# B-Baum



## mistirios (16. Oktober 2007)

Hi,

hab vor ein B-Baum zu implementieren. Die Theorie sitzt soweit, aber ich weiss trotzdem nicht,wie ich das in die Praxis umsetzen kann. Ich wäre euch sehr dankbar, wenn mir mal einer eine Implementation schicken könnte oder ein Link, wo ich codebeispiele downloaden kann. So als Gedankenstoss, wie ich an sowas rangehen kann.

gruss
mistirios


----------



## zeja (16. Oktober 2007)

Na einfach mal eine Suchmaschine benutzen liefert doch schon ganz viele Beispiele.


----------



## mistirios (16. Oktober 2007)

Jo aber nix brauchbares.. Kannst ja mal die urls posten die du findest.. also ich kann nicht wirklich brauchbares finden..

gruss
mistirios


----------



## zeja (16. Oktober 2007)

Mit dieser Suche
http://www.google.de/search?hl=de&c...fficial&hs=OZW&q=b-baum+java&btnG=Suche&meta=

finde ich z.B.
http://wwwai.wu-wien.ac.at/~koch/lehre/inf-sem-ss-01/pinterits/source.html 
mit einem Haufen Sourcecode.

Und unter Wikipedia findet man auch Links und Pseudocode:
http://de.wikipedia.org/wiki/B-Baum


----------



## mistirios (16. Oktober 2007)

Hi,



> finde ich z.B.
> http://wwwai.wu-wien.ac.at/~koch/leh...ts/source.html
> mit einem Haufen Sourcecode.



Was hat das mit B-Baum zu tun?

Denkst du ich hab vorher keine google-suche etc. gemacht? Wenn ich was brauchbares gefunden hätte, wäre bestimmt nicht der Post hier zustande gekommen.

gruss
mistirios


----------



## zeja (16. Oktober 2007)

Nachdem ich den Link recht hilfreich finde solltest du den auch hilfreich finden und einfach mal schauen ob du den Code dort zum laufen kriegst, ihn dann verstehen und dann entsprechend selber anpassen.


----------



## mistirios (16. Oktober 2007)

B-Baum und binärer Baum ist was ganz verschiedenens 

gruss
mistirios


----------



## zeja (16. Oktober 2007)

Was nichts daran ändert dass das Beispiel zeigt wie man einen Baum in Java realisieren kann.


----------



## fluessig (16. Oktober 2007)

Zeja hat schon recht. Das Beispiel zeigt dir eigentlich den Weg, wie du die Klassen gestalten kannst - also sind die Datenstrukturen schon klar. Jetzt fehlen nur noch die Methoden in den Klassen und da fasst der Wikipedia Artikel alles schön zusammen.
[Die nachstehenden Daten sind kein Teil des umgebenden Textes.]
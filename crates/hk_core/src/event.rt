/// One atomic access to one word of the heap's row, named by its index in the row.
#[derive(Clone, Copy, Debug, PartialEq, Eq)]
pub enum Event {
    /// Reads the word.
    Load(u32),
    /// Writes the word, and reads nothing.
    Write(u32, u64),
    /// Writes the word, and reads what it was.
    Swap(u32, u64),
    /// Adds to the word.
    Add(u32, u64),
    /// Takes from the word.
    Sub(u32, u64),
    /// Raises the word to a number, where it is below it.
    Max(u32, u64),
    /// Writes the new word where the word is the current one, and else nothing.
    Trade { word: u32, current: u64, new: u64 },
}

impl Event {
    ghost use Rattle.std.specs.Prelude.{◌≡◌, ◌↔◌, IsTrue};
    ghost use Rattle.hk_core.specs.Event.{word_of, word_after, learnt_from, AmountFits};

    /// The index in the row of the word that the event is about.
    pub fn word(&self) -> u32
        ensures { result ≡ word_of self.now }
    {
        match *self {
            Event::Load(word)
            | Event::Write(word, _)
            | Event::Swap(word, _)
            | Event::Add(word, _)
            | Event::Sub(word, _)
            | Event::Max(word, _)
            | Event::Trade { word, .. } => word,
        }
    }

    /// Whether the amount of the event, taken from or added to what the word was, gives a word.
    pub fn amount_fits(&self, old: u64) -> bool
        ensures { IsTrue result ↔ AmountFits self.now old }
    {
        match *self {
            Event::Add(_, amount) => old <= u64::MAX - amount,
            Event::Sub(_, amount) => amount <= old,
            Event::Load(_)
            | Event::Write(..)
            | Event::Swap(..)
            | Event::Max(..)
            | Event::Trade { .. } => true,
        }
    }

    /// What the word is after the event, from what it was.
    pub fn after(&self, old: u64) -> u64
        requires { AmountFits self.now old }
        ensures { result ≡ word_after self.now old }
    {
        match *self {
            Event::Load(_) => old,
            Event::Write(_, value) | Event::Swap(_, value) => value,
            Event::Add(_, amount) => old + amount,
            Event::Sub(_, amount) => old - amount,
            Event::Max(_, value) => old.max(value),
            Event::Trade { current, new, .. } => { if old == current { new } else { old } }
        }
    }

    /// What whoever does the event learns from it: what the word was, but 0 from a write, which reads nothing.
    pub fn learnt(&self, old: u64) -> u64
        ensures { result ≡ learnt_from self.now old }
    {
        match self {
            Event::Write(..) => 0,
            _ => old,
        }
    }
}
Also, vielleicht kannst du nochmal schreiben, was dir nicht klar ist.

(Wenn es sich um eine Hausaufgabe für dein Informatikstudium handeln sollte, wird dir hier auch geholfen, aber selber Hand anlegen ist auf tutorials.de die oberste Direktive)


----------



## mistirios (20. Oktober 2007)

Hi,

so ich hab mich jetzt mal damit beschäftigt. Nur ich weiss halt nicht,wie ich beim Teilen des Knotens, die Mitte in den oberen Knoten bekomme. Sprich wie das programmiertechnisch das teilen des Knotens zu schaffen ist. Kann mir da einer weiterhelfen?

gruss
mistirios


----------



## fluessig (21. Oktober 2007)

Ich weiss leider gar nicht genau was ich noch dazu schreiben soll, ausser was ohnehin unter Wikipedia bei Einfügen letzter Abschnitt steht.
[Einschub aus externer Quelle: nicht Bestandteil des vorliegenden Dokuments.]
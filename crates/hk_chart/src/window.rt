//! Which ticks are drawn.
ghost use Rattle.std.specs.Prelude.{◌≡◌, ◌≤◌, ◌^◌};
ghost use Rattle.hk_chart.specs.Shapes.{is_within, is_moment, arrival, arrival_of, task_at, deadline_of, lane_of, bar_of, open_after, closed_by, mark_of_tick, mark_of};

use crate::shape::{Bar, Lane, Shape};
use crate::task::Task;
use crate::trace_line::{TraceLine, Who};

/// The first and the last tick that are drawn.
#[derive(Clone, Copy, Debug)]
pub struct Window {
    pub first: u32,
    pub last: u32,
}

/// The lane of a tick.
fn lane_of(who: Who) -> Lane
    ensures { result ≡ lane_of who }
{
    match who {
        Who::High(place) | Who::Low(place) => Lane::Task(place),
        Who::Step | Who::Flip | Who::Live => Lane::Collector,
        Who::Lost(_) => Lane::Lost,
        Who::Idle => Lane::Nobody,
    }
}

/// The mark of a tick.
fn mark_of_tick(tick: u32, who: Who) -> Option<Shape>
    ensures { result ≡ mark_of_tick tick who }
{
    match who {
        Who::Lost(events) => Some(Shape::Lost { tick, events }),
        Who::High(_) | Who::Low(_) | Who::Step | Who::Flip | Who::Live | Who::Idle => None,
    }
}

impl Window {
    /// Whether a tick is drawn.
    fn holds(self, tick: u32) -> bool
        ensures { result ≡ is_within self tick }
    {
        self.first <= tick && tick <= self.last
    }

    /// Whether a moment is drawn.
    fn shows(self, moment: u64) -> bool
        ensures { result ≡ is_moment self moment }
    {
        u64::from(self.first) <= moment && moment <= u64::from(self.last) + 1
    }

    /// The rectangle of the tick of a line.
    pub fn bar_of(self, line: TraceLine) -> Option<Bar>
        ensures { result ≡ bar_of self line }
    {
        match line {
            TraceLine::Tick { tick, who } => {
                if self.holds(tick) {
                    Some(Bar {
                        lane: lane_of(who),
                        first: tick,
                        last: tick,
                    })
                } else {
                    None
                }
            }
            _ => None,
        }
    }

    /// The mark of a line.
    pub fn mark_of(self, line: TraceLine) -> Option<Shape>
        ensures { result ≡ mark_of self line }
    {
        match line {
            TraceLine::Tick { tick, who } => {
                if self.holds(tick) {
                    mark_of_tick(tick, who)
                } else {
                    None
                }
            }
            TraceLine::Out { tick, lane, value } => {
                if self.holds(tick) {
                    Some(Shape::Out { tick, lane, value })
                } else {
                    None
                }
            }
            TraceLine::Fault {
                tick,
                lane,
                job,
                statement,
                cause,
            } => {
                if self.holds(tick) {
                    Some(Shape::Fault {
                        tick,
                        lane,
                        job,
                        statement,
                        cause,
                    })
                } else {
                    None
                }
            }
            TraceLine::Ended {
                tick,
                lane,
                job,
                ticks,
            } => {
                if self.shows(u64::from(tick) + 1) {
                    Some(Shape::End {
                        tick,
                        lane,
                        job,
                        ticks,
                    })
                } else {
                    None
                }
            }
            _ => None,
        }
    }

    /// The arrival of a job that ended.
    pub fn arrival_of(self, line: TraceLine) -> Option<Shape>
        ensures { result ≡ arrival_of self line }
    {
        match line {
            TraceLine::Ended {
                tick,
                lane,
                job,
                ticks,
            } => {
                let moment = arrival(tick, ticks);
                if self.shows(moment) {
                    Some(Shape::Arrival { moment, lane, job })
                } else {
                    None
                }
            }
            _ => None,
        }
    }

    /// The deadline of a job that ended, where its task has one.
    pub fn deadline_of(self, tasks: &[Task], line: TraceLine) -> Option<Shape>
        ensures { result ≡ deadline_of self tasks.now line }
    {
        match line {
            TraceLine::Ended {
                tick,
                lane,
                job,
                ticks,
            } => match deadline_at(tasks, lane) {
                Some(deadline) => {
                    let moment = arrival(tick, ticks) + u64::from(deadline);
                    if self.shows(moment) {
                        Some(Shape::Deadline { moment, lane, job })
                    } else {
                        None
                    }
                }
                None => None,
            },
            _ => None,
        }
    }
}

/// The arrival of a job that ended with a tick, so many ticks after it.
fn arrival(tick: u32, ticks: u32) -> u64
    ensures value { result ≡ arrival tick ticks }
    ensures few { result ≤ 2 ^ 32 }
{
    (u64::from(tick) + 1).saturating_sub(u64::from(ticks))
}

/// The deadline of the task of a place, if it has one.
fn deadline_at(tasks: &[Task], place: u8) -> Option<u32>
    ensures { result ≡ (task_at tasks.now place).deadline }
{
    match tasks.get(usize::from(place)) {
        Some(task) => task.deadline,
        None => None,
    }
}

/// The open rectangle after one more.
pub fn open_after(current: Option<Bar>, bar: Option<Bar>) -> Option<Bar>
    ensures { result ≡ open_after current bar }
{
    match (current, bar) {
        (Some(current), Some(bar)) => {
            if current.lane.is(bar.lane) {
                Some(Bar {
                    last: bar.last,
                    ..current
                })
            } else {
                Some(bar)
            }
        }
        (None, Some(bar)) => Some(bar),
        (current, None) => current,
    }
}

/// The rectangle that is done with one more.
pub fn closed_by(current: Option<Bar>, bar: Option<Bar>) -> Option<Bar>
    ensures { result ≡ closed_by current bar }
{
    match (current, bar) {
        (Some(current), Some(bar)) => {
            if current.lane.is(bar.lane) {
                None
            } else {
                Some(current)
            }
        }
        _ => None,
    }
}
Für deine Blätter/Knoten hast du eine Methode, die prüfen muss, ob der Knoten voll ist. Ist der Knoten auf den man absteigen möchte voll, so wird dieser vorsorglich aufgetrennt. Es ist wichtig, dass ich das von oben mache, denn sonst müsste ich mir ja unten merken, welcher Knoten über mir ist. Oben schreib ich dann an die Stelle wo ich gerade absteigen wollte die Mitte auf und verschiebe die restlichen Daten des Knotens entsprechend. Unten erzeuge ich einen neuen Knoten und kopiere die Daten des alten Knotens in den ich ursprünglich einfügen wollte um.

Wenn du es noch genauer beschrieben haben willst, musst du wohl oder übel deinen Code hier posten (bitte dann in einem Code Block posten, damit man es leichter lesen kann).


----------